Поднявшись во весь рост, агент изготовился к стрельбе и швырнул в дверь связкой отмычек. Еще одна очередь прошила фанеру, но в этот раз шальная пуля выбила замок. С верхних и нижних этажей уже доносились тревожные крики и ругань.
Джон бросился вперед, вышибая плечом дверь, и сразу же ушел в перекат, чтобы выйти из него в боевую стойку, нацелив пистолет на стрелка. И замер.
На старенькой тахте напротив двери сидела, скрестив ноги по-турецки, симпатичная стройная девушка, не успевшая еще отвести от входа дуло здоровенного старого «калашникова». На агента она взирала с таким недоумением, словно тот не вышиб дверь, а просочился сквозь нее духом святым.
– Брось оружие! – скомандовал Джон по-французски. – Брось! Сейчас же!

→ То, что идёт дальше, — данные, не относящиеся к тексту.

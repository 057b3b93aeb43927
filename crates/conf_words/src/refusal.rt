// What the program says of wrong words.
ghost use Rattle.std.specs.Prelude.{◌≡◌, false};
ghost use Rattle.conf_words.specs.Outcomes.{Tells};
ghost use Rattle.conf_words.specs.declared.refusal.Unasked.TheVariants.{OutOfMemory};
ghost use Rattle.conf_words.specs.declared.unparsed.Unparsed.TheVariants as unparsed;

use crate::escapes::escaped;
use crate::unparsed::Unparsed;
use crate::words::matches_of;
use clap::error::ErrorKind;
use std::alloc::{AllocError, Global};

/// Why words are wrong that only their escapes make right, or of which clap says nothing.
pub(crate) const OTHER: &str = "the words are wrong";

/// Why the matches of words ask for nothing.
#[derive(Clone, Copy)]
pub(crate) enum Unasked {
    /// The words are wrong, and this is why.
    Because(&'static str),
    /// Out of memory.
    OutOfMemory,
}

impl Unasked {
    /// The words are wrong, and nothing more is said of them.
    pub(crate) const OTHER: Unasked = Unasked::Because(OTHER);

    /// The same with its lines for standard error.
    pub(crate) fn told(self, alloc: Global) -> Unparsed
        ensures told { Tells false result }
        ensures memory { self ≡ OutOfMemory → result ≡ unparsed.OutOfMemory }
    {
        match self {
            Unasked::Because(why) => refused(alloc, why),
            Unasked::OutOfMemory => Unparsed::OutOfMemory,
        }
    }
}

/// The words are wrong, and this is why.
pub(crate) fn refused(alloc: Global, why: &str) -> Unparsed
    ensures { Tells false result }
{
    match refusal(alloc, why) {
        Ok(lines) => Unparsed::Wrong(lines),
        Err(AllocError) => Unparsed::OutOfMemory,
    }
}

/// The lines for standard error that say why the words are wrong. It fails only if memory runs out.
fn refusal(alloc: Global, why: &str) -> Result<String, AllocError> {
    format!(in alloc; "error: {why}\n\nFor more information, try '--help'.\n")
}

/// Why the words are wrong, in the lines for standard error. The words in them are [`escaped`]. It fails only if memory
/// runs out.
pub(crate) fn wrong_words(alloc: Global, words: &[String]) -> Result<String, AllocError> {
    if let Some((word, meant)) = word_of_others(words) {
        return tip(alloc, word, meant);
    }
    let mut shown = Vec::new(alloc);
    for word in words {
        shown.push(escaped(alloc, word)?)?;
    }
    refusal_of(alloc, &shown)
}

/// The lines for a word of other programs, with the one that may be meant. It fails only if memory runs out.
fn tip(alloc: Global, word: &str, meant: &str) -> Result<String, AllocError> {
    format!(in alloc;
        "error: unrecognized subcommand '{word}'\n\n  tip: '{meant}' may be meant\n\nFor more information, try '--help'.\n"
    )
}

/// The word that asks for something, if other programs have it, and the one that may be meant.
fn word_of_others(words: &[String]) -> Option<(&'static str, &'static str)> {
    let word = words.get(1)?;
    for (other, meant) in WORDS_OF_OTHERS {
        if word.as_str() == other {
            return Some((other, meant));
        }
    }
    None
}

/// Words that other programs have, each with the one of this program that may be meant. None is a subcommand.
const WORDS_OF_OTHERS: [(&str, &str); 23] = [
    ("list", "names"),
    ("ls", "names"),
    ("show", "get"),
    ("cat", "get"),
    ("read", "get"),
    ("rm", "delete"),
    ("remove", "delete"),
    ("unset", "delete"),
    ("del", "delete"),
    ("cp", "copy"),
    ("mv", "rename"),
    ("put", "set"),
    ("add", "set"),
    ("write", "set"),
    ("load", "import"),
    ("dump", "export"),
    ("history", "log"),
    ("compare", "diff"),
    ("changes", "diff"),
    ("compact", "checkpoint"),
    ("create", "init"),
    ("fsck", "verify"),
    ("version", "--version"),
];

/// Why the words, which are shown as they are, are wrong.
fn refusal_of(alloc: Global, words: &[String]) -> Result<String, AllocError> {
    match matches_of(alloc, words) {
        Ok(_matches) => refusal(alloc, OTHER),
        Err(error) if error.kind() == ErrorKind::OutOfMemory => Err(AllocError),
        Err(error) => format!(in alloc; "{error}"),
    }
}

Террористка кинулась на него, пытаясь взять противника на прицел, но агент одним пинком вышиб оружие у нее из рук и, заломив девушке руку за спину, толкнул перед собой. Вдвоем они обошли квартиру комнату за комнатой. Но, кроме террористки, там не было никого.
– Где доктор Сулейман? – рявкнул Джон, приставив дуло «вальтера» к виску девушки.
– Где ты его не найдешь, chien! [40]
– Кто он тебе – любовник?
– А ты что – ревнуешь?
Агент вытащил переговорник из кармана плаща.
– Его здесь нет, – шепнул он в микрофон, – но только что был. Осторожней.
Сорвав покрывало с тахты, он надежно привязал девушку к стулу и выбежал из квартиры, даже не захлопнув за собой дверь, чтобы скатиться по лестнице к входу.
Стоя посреди мощеного переулка позади дома и морща нос от запаха мочи и перегара, Рэнди Расселл приглядывалась к темным окнам третьего этажа, стиснув в ладони рукоять «беретты». Рядом нервно переминался с ноги на ногу Хаким Гатта, словно перепуганный кролик, готовый в любую минуту рвануться в свою нору. От посторонних глаз их скрывала непроглядная тень старой липы. Над головами по узкой полоске ночного неба высыпали звезды, с трудом прокалывая лучиками облачную дымку.
40
Собака (фр.).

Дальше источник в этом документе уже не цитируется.